With it, she won the
Wanamaker Competition for symphonic composition, and
became the first African-American woman to have her
composition performed by a major U.S. orchestra when the
Chicago Symphony played it at the World’s Fair in 1933.
WILL-FM’s Roger Cooper
looks at the life and work of Price with his newest
Classically Black
production.
Price, who grew up in
Little Rock, Ark., and later lived and worked in
Chicago, composed more than 300 works. Her symphonies
and chamber works were famous for incorporating melodies
from Negro spirituals.
In the program, Cooper
interviews Rae Linda Brown, who has written a biography
of Price, The Heart of a Woman, scheduled to be
published by University of Illinois Press in spring
2007.
Brown said that accounts of
the World’s Fair performance described how beautiful
Price looked in her white gown.
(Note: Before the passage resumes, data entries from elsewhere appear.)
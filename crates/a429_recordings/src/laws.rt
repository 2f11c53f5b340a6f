//! What follows from the definitions of commands on recordings.
ghost use Rattle.a429_recordings.specs.JudgedPlans.{DefaultToleranceIsAllowed};
ghost use Rattle.a429_recordings.specs.SummaryLaws.{WordsAreWithinBounds};

use a429_core::laws::accepted_words_go_out_in_time;
use a429_slots::laws::plans_in_force_are_spaced;

/// In each row of the summary of a simulation, `late_us` is at most `bound_us`, if the output sent a word. The simulation is
/// of the plan of a table that is read, with any log and up to any time.
pub fn words_are_within_bounds()
    ensures { WordsAreWithinBounds }
{
    plans_in_force_are_spaced();
    accepted_words_go_out_in_time();
}

/// If no tolerance is given to `judge`, that of each group is at most half the period of each of its outputs. So it is
/// refused for no plan.
pub fn default_tolerance_is_allowed()
    ensures { DefaultToleranceIsAllowed }
{}
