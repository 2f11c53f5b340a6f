//! Commands on recordings of words.
//!
//! `survey_reply` says what is on the lines of logs, and `judge_reply` whether what a box sent is right. Each answers a `Reply`.
//!
//! ```text
//! Verb::Survey => survey_reply(alloc, files, asked, warnings),
//! Verb::Judge => judge_reply(alloc, files, asked, warnings),
//! ```
//!
//! `simulate` plays the words of a log on the station of a table, at their times. It puts a line for each word that is sent
//! or refused, or the summary of what each output sent, as it is asked for.
#![tactic(auto)]

pub mod judge;
pub mod laws;
mod logs;
pub mod simulate;
pub mod survey;
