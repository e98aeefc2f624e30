//! The plain sequential machine of a litmus test, as a relation, and its theorem: a legal history with each thread
//! performed to its end is a run of it.
#![tactic(auto)]

pub mod laws;
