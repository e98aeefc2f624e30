//! Laws of legal histories of performed threads: each states what is proved, and has no code.
ghost use Rattle.std.specs.Prelude.{◌≡◌, ◌≢◌, ◌<◌, ℕ, List, [], ◌∷◌, length, map, None, Some, slice_get};
ghost use Rattle.physiological_order.specs.declared.operation.Op.{Op};
ghost use Rattle.physiological_order.specs.declared.operation.Record.{Record};
ghost use Rattle.physiological_order.specs.Order.{Legal, Arrangement, flat_after, flat_received, replay_end};
ghost use Rattle.litmus_parser.specs.declared.syntax.Cell.{Cell};
ghost use Rattle.litmus_reader.specs.Litmus.{Litmus};
ghost use Rattle.litmus_reader.specs.Grammar.{IsTest};
ghost use Rattle.litmus_reader.specs.WellFormed.{IsWellFormed};
ghost use Rattle.litmus_reader.specs.ThreadSteps.{Thread, done_with, next_operation, settled_thread};
ghost use Rattle.litmus_reader.specs.Truth.{end_value};
ghost use Rattle.sequential_machine.specs.SequentialMachine.{SequentialState, cells_of, memory_opened};
ghost use Rattle.sequential_machine.specs.SequentialMachine.{registers_opened};
ghost use Rattle.sequential_machine.specs.SequentialMachine.{IsOutcome, Step};
ghost use Rattle.sequential_machine.specs.Threads.{Goes, ThreadIsAt};
ghost use Rattle.sequential_machine.specs.Performed.{ArePerformed};
ghost use Rattle.sequential_machine.specs.Openings.{OpensAsSet};
ghost use Rattle.sequential_machine.specs.Turns.{IsEnd};
ghost use Rattle.sequential_machine.specs.Example.{store_buffering};

/// A test opens as its text says. A register of a thread holds the number to which the initial
/// block sets it, and so does a location's word; all other registers and words are 0.
pub fn tests_open_as_set()
    ensures { (text : List ℕ) (test : Litmus) → IsTest text test → OpensAsSet test }
{}

/// A step does one instruction of one thread, and all of it: the first that the thread has left. So no other thread has
/// a turn within a swap.
pub fn steps_do_one_instruction()
    ensures { (s u : SequentialState) → Step s u → (t : ℕ) × (cell : Cell) ×
        (s.left t ≡ cell ∷ u.left t) × ((v : ℕ) → v ≢ t → u.left v ≡ s.left v) }
{}

/// A thread of a litmus test, taken as a program, is a thread of the machine. From its initial state, steps of its own
/// come to the program's state. The operation that the program gives next is that of the instruction which it does
/// next; that step and further ones of its own come to the program's state once it has what memory gave. If the
/// program gives none, no instruction is left.
pub fn programs_are_threads()
    ensures opened { (test : Litmus) (s : SequentialState) (t : ℕ)
        → s.registers t ≡ registers_opened test t → s.left t ≡ cells_of t test.cells →
        Goes s t s.memory (settled_thread t (registers_opened test t) test.cells) }
    ensures performed { (s : SequentialState) (t : ℕ) (program : Thread) (op : Op)
        → ThreadIsAt s t program → next_operation program ≡ Some op →
        Goes s t (flat_after s.memory op) (done_with program (flat_received s.memory op)) }
    ensures finished { (s : SequentialState) (t : ℕ) (program : Thread)
        → ThreadIsAt s t program → next_operation program ≡ None → s.left t ≡ [] }
{}

/// The ends of turns are the outcomes of the machine: it matters not at what instructions without memory a thread
/// waits.
pub fn ends_of_turns_are_outcomes()
    ensures sound { (test : Litmus) (values : List ℕ) →
        IsWellFormed test → IsEnd test values → IsOutcome test values }
    ensures complete { (test : Litmus) (values : List ℕ) →
        IsWellFormed test → IsOutcome test values → IsEnd test values }
{}

/// A legal history of a test in which each thread was performed to its end is a run of the
/// sequential machine: the values that the test's names have after it, with the memory after the
/// records in the order of their times, are an outcome of it.
pub fn performed_histories_are_sequential()
    ensures { (test : Litmus) (issued : ℕ → List Op) (records arranged : List Record)
        (threads : List Thread) (memory : List ℕ) →
        IsWellFormed test → Legal (memory_opened test) issued records →
        Arrangement records arranged → ArePerformed test issued records threads →
        ((l : ℕ) → l < length test.locations → slice_get memory l ≡
        Some (replay_end (memory_opened test) (map (λ r. r.op) arranged) l)) →
        IsOutcome test (map (end_value threads memory) test.seen) }
{}

/// The machine does run, its threads in any order: of two threads that each store 1 and then load
/// the other's location, both may receive the 1, or one of them the 0 that was there, but never
/// both.
pub fn store_buffering_runs()
    ensures both { IsOutcome store_buffering (1 ∷ 1 ∷ []) }
    ensures one { IsOutcome store_buffering (0 ∷ 1 ∷ []) }
    ensures neither { IsOutcome store_buffering (0 ∷ 0 ∷ []) → ⊥ }
{}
The audience applauded
her. “On some level she probably was aware, but mostly
she took it all in stride,” Brown said. “She was just
trying to work. She was self supporting, she was a
single mom, so this was in part about the money as it
was about artistic recognition.”
The program is being distributed by Public Radio International and will air on public radio stations across the country.